Sulfated, Low Molecular Weight Lignins Inhibit a Select Group of Heparin-Binding Serine Proteases

Brian L Henry; Jay N Thakkar; Aiye Liang; Umesh R Desai

doi:10.1016/j.bbrc.2011.11.122

. Author manuscript; available in PMC: 2013 Jan 6.

Published in final edited form as: Biochem Biophys Res Commun. 2011 Dec 1;417(1):382–386. doi: 10.1016/j.bbrc.2011.11.122

Sulfated, Low Molecular Weight Lignins Inhibit a Select Group of Heparin-Binding Serine Proteases

Brian L Henry ¹, Jay N Thakkar ¹, Aiye Liang ¹, Umesh R Desai ^1,^*

PMCID: PMC3259278 NIHMSID: NIHMS346178 PMID: 22155248

Abstract

Sulfated low molecular weight lignins (LMWLs), designed as oligomeric mimetics of low molecular weight heparins (LMWHs), have been found to bind in exosite II of thrombin (Abdel Aziz et al. Biochem. Biophys. Res. Commun. 413 (2011) 348–352). To assess whether sulfated LMWLs recognize other heparin-binding proteins, we studied their effect on serine proteases of the coagulation, inflammatory and digestive systems. Using chromogenic substrate hydrolysis assay, sulfated LMWLs were found to potently inhibit coagulation factor XIa and human leukocyte elastase, moderately inhibit cathepsin G and not inhibit coagulation factors VIIa, IXa, and XIIa, plasma kallikrein, activated protein C, trypsin, and chymotrypsin. Competition studies show that UFH competes with sulfated LMWLs for binding to factors Xa and XIa. These results further advance the heparin-mimicking property of sulfated LMWLs and will aid the design of anticoagulants based on their novel scaffold.

1. Introduction

Anticoagulants are the mainstay in the treatment and prevention of thromboembolism. The most widely used anticoagulants include the heparins (unfractionated heparin (UFH) and low molecular weight heparin (LMWH)) and the coumarins (warfarin). Although highly successful in managing clinical conditions, the heparins and coumarins suffer from a number of problems including an enhanced bleeding risk, complications arising from an immunologic reaction, and food-drug and/or drug-drug interactions [1–3]. Additional problems such as high response inconsistency, narrow window of efficacy, poor oral bioavailability of the heparins, the necessity to monitor with high frequency, possibility of natural or intentional contamination and high cost to benefit ratio further introduce difficulty in administering safe anticoagulation therapy. Newer anticoagulants have been introduced in the clinic, e.g., fondaparinux, dabigatran, and rivaroxaban, but these continue to suffer from enhanced bleeding risk [1].
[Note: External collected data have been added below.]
// Places: refusals 1, 2 and 3.
use super::bench::{scene, span, terms, unchanged};
use engine::Refusal;
use processor::RelativeAddress;
use std::test::Fail;
use store::CellAddress;

// Whatever else is wrong.
#[test]
fn no_place_is_above_7(rt: HostRuntime) -> Result<(), Fail> {
    for place in [8, 9, 255, 256, 65_536, 2_147_483_649, 4_294_967_295] {
        let mut scene = scene(&rt)?;
        let no = Refusal::NoSuchPlace;
        assert_eq!(rt;
            scene.admit(place, CellAddress(4_294_967_295), terms(0, 5)),
            Err(no),
            "at {place}"
        );
        assert_eq!(rt;
            scene.admit(place, CellAddress(21), terms(1, 0)),
            Err(no),
            "at {place}"
        );
        assert_eq!(rt;
            scene.load(place, RelativeAddress(99), 1 << 30),
            Err(no),
            "at {place}"
        );
        assert_eq!(rt;
            scene.look(place, RelativeAddress(99)),
            Err(no),
            "at {place}"
        );
        assert_eq!(rt; scene.run(place, 1_000_001), Err(no), "at {place}");
        assert_eq!(rt; scene.answer(place, 1 << 30, 0, 0), Err(no), "at {place}");
        let mut buffer = [0xaa; 28];
        assert_eq!(rt; scene.save(place, &mut buffer), Err(no), "at {place}");
        assert_eq!(rt; buffer, [0xaa; 28]);
        assert_eq!(rt; scene.restore(place, &[]), Err(no), "at {place}");
        assert_eq!(rt; scene.tell(place), Err(no), "at {place}");
        assert_eq!(rt; scene.retire(place), Err(no), "at {place}");
        assert_eq!(rt; scene.span(place), Err(no), "at {place}");
        unchanged(&rt, scene)?;
    }
    Ok(())
}

// Tell, look and span change nothing on a ready worker or on a held one.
To develop better molecules as regulators of coagulation, we recently designed structural variants of lignin, a naturally occurring biopolymer, as functional macromolecular mimetics of LMWHs [4–6]. These designed oligomers, referred to as sulfated low molecular weight lignins (LMWLs), are polydisperse and heterogeneous preparations in a manner similar to LMWHs. For example, sulfated LMWLs are composed of oligomeric chains of varying lengths and contain many different inter-monomeric linkages such as β – O4, β –5, β –β and 5–5 (Fig. 1) [4]. Sulfated LMWLs are multiply charged oligomers decorated with carboxylate and sulfate groups, which mimic the polyanionic scaffold of LMWHs.

Sulfated low molecular weight lignins (LMWLs) are complex three-dimensional oligomers obtained from enzymatic condensation of 4-hydroxycinnamic acid monomers using horseradish peroxidase followed by chemical sulfation using sulfur trioxide. The oligomers primarily contain *β-O-4*, *β-5* and *β-β* inter-residue linkages (shown shaded). Other less common linkages, e.g., *5-5*, are also present (not shown). X₁, X₂ and X₃ are substituents at the α-position and may be– H, –OH, or –OSO₃Na. Z₁, Z₂ and Z₃ may be –H or –COONa. R3 and R5 may be either –H or –OMe depending upon the starting monomer, as shown. These variations generate a large number of sequences.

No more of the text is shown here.